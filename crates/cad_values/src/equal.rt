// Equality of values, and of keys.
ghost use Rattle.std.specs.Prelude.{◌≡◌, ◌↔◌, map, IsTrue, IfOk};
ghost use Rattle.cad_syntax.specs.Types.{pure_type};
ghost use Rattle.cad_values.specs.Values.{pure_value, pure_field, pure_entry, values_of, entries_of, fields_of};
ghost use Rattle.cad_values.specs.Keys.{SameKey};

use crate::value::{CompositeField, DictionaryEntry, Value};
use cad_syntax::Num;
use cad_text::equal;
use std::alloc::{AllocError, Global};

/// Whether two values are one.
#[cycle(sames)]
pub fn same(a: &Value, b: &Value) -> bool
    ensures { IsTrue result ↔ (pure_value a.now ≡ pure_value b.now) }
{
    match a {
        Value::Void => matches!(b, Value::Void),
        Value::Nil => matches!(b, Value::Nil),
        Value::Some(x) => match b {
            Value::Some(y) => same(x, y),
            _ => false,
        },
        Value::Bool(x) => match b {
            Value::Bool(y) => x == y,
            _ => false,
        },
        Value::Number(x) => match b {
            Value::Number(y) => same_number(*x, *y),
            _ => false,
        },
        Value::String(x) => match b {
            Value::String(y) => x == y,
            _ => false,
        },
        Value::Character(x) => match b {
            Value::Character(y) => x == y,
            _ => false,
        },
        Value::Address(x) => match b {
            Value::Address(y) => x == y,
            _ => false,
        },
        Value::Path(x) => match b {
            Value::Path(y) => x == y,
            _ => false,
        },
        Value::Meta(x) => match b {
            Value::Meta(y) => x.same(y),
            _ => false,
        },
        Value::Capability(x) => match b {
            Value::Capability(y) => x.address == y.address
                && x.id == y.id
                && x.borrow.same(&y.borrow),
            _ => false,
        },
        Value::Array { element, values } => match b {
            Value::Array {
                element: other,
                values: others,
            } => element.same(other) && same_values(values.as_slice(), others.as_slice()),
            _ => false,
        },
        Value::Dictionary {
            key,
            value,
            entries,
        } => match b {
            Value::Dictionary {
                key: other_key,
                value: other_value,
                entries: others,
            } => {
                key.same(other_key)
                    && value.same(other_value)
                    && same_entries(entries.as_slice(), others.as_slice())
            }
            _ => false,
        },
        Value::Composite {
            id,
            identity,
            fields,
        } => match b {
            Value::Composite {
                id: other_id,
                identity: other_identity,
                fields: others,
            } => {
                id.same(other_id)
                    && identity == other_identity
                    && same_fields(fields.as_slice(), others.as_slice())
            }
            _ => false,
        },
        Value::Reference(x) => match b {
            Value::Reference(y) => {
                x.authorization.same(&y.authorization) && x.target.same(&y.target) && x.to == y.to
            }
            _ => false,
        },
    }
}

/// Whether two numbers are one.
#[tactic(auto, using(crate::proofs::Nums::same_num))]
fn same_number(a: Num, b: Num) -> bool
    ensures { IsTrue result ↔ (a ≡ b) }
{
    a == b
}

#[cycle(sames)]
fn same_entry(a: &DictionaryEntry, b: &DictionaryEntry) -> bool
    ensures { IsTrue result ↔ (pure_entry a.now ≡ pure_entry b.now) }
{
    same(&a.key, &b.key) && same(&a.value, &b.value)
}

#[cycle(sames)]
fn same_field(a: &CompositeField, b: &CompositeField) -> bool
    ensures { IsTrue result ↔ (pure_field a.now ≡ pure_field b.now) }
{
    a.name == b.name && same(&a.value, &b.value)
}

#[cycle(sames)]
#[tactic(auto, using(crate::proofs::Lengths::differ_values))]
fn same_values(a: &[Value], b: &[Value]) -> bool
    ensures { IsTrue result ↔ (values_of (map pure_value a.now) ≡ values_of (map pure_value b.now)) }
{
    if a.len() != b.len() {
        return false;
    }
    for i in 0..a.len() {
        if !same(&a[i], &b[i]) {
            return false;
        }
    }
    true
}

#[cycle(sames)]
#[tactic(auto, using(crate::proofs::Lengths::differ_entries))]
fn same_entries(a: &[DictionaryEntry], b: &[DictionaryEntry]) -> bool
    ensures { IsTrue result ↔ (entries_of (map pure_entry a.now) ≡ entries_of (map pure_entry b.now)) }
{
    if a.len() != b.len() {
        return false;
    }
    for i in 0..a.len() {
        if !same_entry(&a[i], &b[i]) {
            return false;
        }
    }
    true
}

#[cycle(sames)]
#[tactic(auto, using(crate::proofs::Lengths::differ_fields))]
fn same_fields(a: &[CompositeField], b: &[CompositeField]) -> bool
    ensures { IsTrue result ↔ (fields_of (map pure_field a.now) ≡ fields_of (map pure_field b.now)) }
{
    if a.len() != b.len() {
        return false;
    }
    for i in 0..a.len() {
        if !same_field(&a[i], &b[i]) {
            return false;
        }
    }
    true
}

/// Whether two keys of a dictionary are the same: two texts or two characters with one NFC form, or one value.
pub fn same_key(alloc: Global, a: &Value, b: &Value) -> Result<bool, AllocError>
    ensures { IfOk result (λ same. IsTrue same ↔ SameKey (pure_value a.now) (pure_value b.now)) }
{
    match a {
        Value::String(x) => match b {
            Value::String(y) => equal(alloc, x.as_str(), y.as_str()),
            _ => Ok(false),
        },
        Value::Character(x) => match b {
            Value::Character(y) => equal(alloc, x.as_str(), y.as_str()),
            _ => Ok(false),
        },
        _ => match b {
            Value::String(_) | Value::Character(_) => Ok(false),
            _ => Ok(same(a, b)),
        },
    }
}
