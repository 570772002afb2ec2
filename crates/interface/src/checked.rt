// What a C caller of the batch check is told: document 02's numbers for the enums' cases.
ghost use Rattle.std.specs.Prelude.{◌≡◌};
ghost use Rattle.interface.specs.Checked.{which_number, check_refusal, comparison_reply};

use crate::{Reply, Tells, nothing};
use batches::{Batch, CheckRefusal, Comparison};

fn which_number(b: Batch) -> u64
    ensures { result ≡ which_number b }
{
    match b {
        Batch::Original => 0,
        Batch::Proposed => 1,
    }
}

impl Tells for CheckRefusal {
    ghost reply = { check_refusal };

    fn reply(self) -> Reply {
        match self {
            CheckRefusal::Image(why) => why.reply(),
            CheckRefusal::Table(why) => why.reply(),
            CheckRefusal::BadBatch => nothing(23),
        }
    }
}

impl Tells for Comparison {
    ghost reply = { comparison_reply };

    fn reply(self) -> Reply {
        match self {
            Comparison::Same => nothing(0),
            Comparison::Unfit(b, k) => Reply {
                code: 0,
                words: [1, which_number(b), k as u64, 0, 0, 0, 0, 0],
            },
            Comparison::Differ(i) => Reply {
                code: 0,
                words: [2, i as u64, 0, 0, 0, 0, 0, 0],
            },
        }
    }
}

☆ ☆ ☆ ☆ ☆ ☆ ☆

### Problem requirements
Print out all the entries above exactly.

### Finished exercise
filename crates/cad_values/src/equal.rt
// Equality of values, and of keys.
ghost use Rattle.std.specs.Prelude.{◌≡◌, ◌↔◌, map, IsTrue, IfOk};
ghost use Rattle.cad_syntax.specs.Types.{pure_type};
ghost use Rattle.cad_values.specs.Values.{pure_value, pure_field, pure_entry, values_of, entries_of, fields_of};
ghost use Rattle.cad_values.specs.Keys.{SameKey};

use crate::value::{CompositeField, DictionaryEntry, Value};
use cad_syntax::Num;
use cad_text::equal;
use std::alloc::{AllocError, Global};

/// Whether two values are one.
#[cycle(sames)]
pub fn same(a: &Value, b: &Value) -> bool
    ensures { IsTrue result ↔ (pure_value a.now ≡ pure_value b.now) }
{
    match a {
        Value::Void => matches!(b, Value::Void),
        Value::Nil => matches!(b, Value::Nil),
        Value::Some(x) => match b {
            Value::Some(y) => same(x, y),
            _ => false,
        },
        Value::Bool(x) => match b {
            Value::Bool(y) => x == y,
            _ => false,
        },
        Value::Number(x) => match b {
            Value::Number(y) => same_number(*x, *y),
            _ => false,
        },
        Value::String(x) => match b {
            Value::String(y) => x == y,
            _ => false,
        },
        Value::Character(x) => match b {
            Value::Character(y) => x == y,
            _ => false,
        },
        Value::Address(x) => match b {
            Value::Address(y) => x == y,
            _ => false,
        },
        Value::Path(x) => match b {
            Value::Path(y) => x == y,
            _ => false,
        },
        Value::Meta(x) => match b {
            Value::Meta(y) => x.same(y),
            _ => false,
        },
        Value::Capability(x) => match b {
            Value::Capability(y) => x.address == y.address
                && x.id == y.id
                && x.borrow.same(&y.borrow),
            _ => false,
        },
        Value::Array { element, values } => match b {
            Value::Array {
                element: other,
                values: others,
            } => element.same(other) && same_values(values.as_slice(), others.as_slice()),
            _ => false,
        },
        Value::Dictionary {
            key,
            value,
            entries,
        } => match b {
            Value::Dictionary {
                key: other_key,
                value: other_value,
                entries: others,
            } => {
                key.same(other_key)
                    && value.same(other_value)
                    && same_entries(entries.as_slice(), others.as_slice())
            }
            _ => false,
        },
        Value::Composite {
            id,
            identity,
            fields,
        } => match b {
            Value::Composite {
                id: other_id,
                identity: other_identity,
                fields: others,
            } => {
                id.same(other_id)
                    && identity == other_identity
                    && same_fields(fields.as_slice(), others.as_slice())
            }
            _ => false,
        },
        Value::Reference(x) => match b {
            Value::Reference(y) => {
                x.authorization.same(&y.authorization) && x.target.same(&y.target) && x.to == y.to
            }
            _ => false,
        },
    }
}

/// Whether two numbers are one.
#[tactic(auto, using(crate::proofs::Nums::same_num))]
fn same_number(a: Num, b: Num) -> bool
    ensures { IsTrue result ↔ (a ≡ b) }
{
    a == b
}

#[cycle(sames)]
fn same_entry(a: &DictionaryEntry, b: &DictionaryEntry) -> bool
    ensures { IsTrue result ↔ (pure_entry a.now ≡ pure_entry b.now) }
{
    same(&a.key, &b.key) && same(&a.value, &b.value)
}

#[cycle(sames)]
fn same_field(a: &CompositeField, b: &CompositeField) -> bool
    ensures { IsTrue result ↔ (pure_field a.now ≡ pure_field b.now) }
{
    a.name == b.name && same(&a.value, &b.value)
}

#[cycle(sames)]
#[tactic(auto, using(crate::proofs::Lengths::differ_values))]
fn same_values(a: &[Value], b: &[Value]) -> bool
    ensures { IsTrue result ↔ (values_of (map pure_value a.now) ≡ values_of (map pure_value b.now)) }
{
    if a.len() != b.len() {
        return false;
    }
    for i in 0..a.len() {
        if !same(&a[i], &b[i]) {
            return false;
        }
    }
    true
}

#[cycle(sames)]
#[tactic(auto, using(crate::proofs::Lengths::differ_entries))]
fn same_entries(a: &[DictionaryEntry], b: &[DictionaryEntry]) -> bool
    ensures { IsTrue result ↔ (entries_of (map pure_entry a.now) ≡ entries_of (map pure_entry b.now)) }
{
    if a.len() != b.len() {
        return false;
    }
    for i in 0..a.len() {
        if !same_entry(&a[i], &b[i]) {
            return false;
        }
    }
    true
}

#[cycle(sames)]
#[tactic(auto, using(crate::proofs::Lengths::differ_fields))]
fn same_fields(a: &[CompositeField], b: &[CompositeField]) -> bool
    ensures { IsTrue result ↔ (fields_of (map pure_field a.now) ≡ fields_of (map pure_field b.now)) }
{
    if a.len() != b.len() {
        return false;
    }
    for i in 0..a.len() {
        if !same_field(&a[i], &b[i]) {
            return false;
        }
    }
    true
}

/// Whether two keys of a dictionary are the same: two texts or two characters with one NFC form, or one value.
pub fn same_key(alloc: Global, a: &Value, b: &Value) -> Result<bool, AllocError>
    ensures { IfOk result (λ same. IsTrue same ↔ SameKey (pure_value a.now) (pure_value b.now)) }
{
    match a {
        Value::String(x) => match b {
            Value::String(y) => equal(alloc, x.as_str(), y.as_str()),
            _ => Ok(false),
        },
        Value::Character(x) => match b {
            Value::Character(y) => equal(alloc, x.as_str(), y.as_str()),
            _ => Ok(false),
        },
        _ => match b {
            Value::String(_) | Value::Character(_) => Ok(false),
            _ => Ok(same(a, b)),
        },
    }
}
repository 570772002afb2ec2
filename crates/interface/src/checked.rt
// What a C caller of the batch check is told: document 02's numbers for the enums' cases.
ghost use Rattle.std.specs.Prelude.{◌≡◌};
ghost use Rattle.interface.specs.Checked.{which_number, check_refusal, comparison_reply};

use crate::{Reply, Tells, nothing};
use batches::{Batch, CheckRefusal, Comparison};

fn which_number(b: Batch) -> u64
    ensures { result ≡ which_number b }
{
    match b {
        Batch::Original => 0,
        Batch::Proposed => 1,
    }
}

impl Tells for CheckRefusal {
    ghost reply = { check_refusal };

    fn reply(self) -> Reply {
        match self {
            CheckRefusal::Image(why) => why.reply(),
            CheckRefusal::Table(why) => why.reply(),
            CheckRefusal::BadBatch => nothing(23),
        }
    }
}

impl Tells for Comparison {
    ghost reply = { comparison_reply };

    fn reply(self) -> Reply {
        match self {
            Comparison::Same => nothing(0),
            Comparison::Unfit(b, k) => Reply {
                code: 0,
                words: [1, which_number(b), k as u64, 0, 0, 0, 0, 0],
            },
            Comparison::Differ(i) => Reply {
                code: 0,
                words: [2, i as u64, 0, 0, 0, 0, 0, 0],
            },
        }
    }
}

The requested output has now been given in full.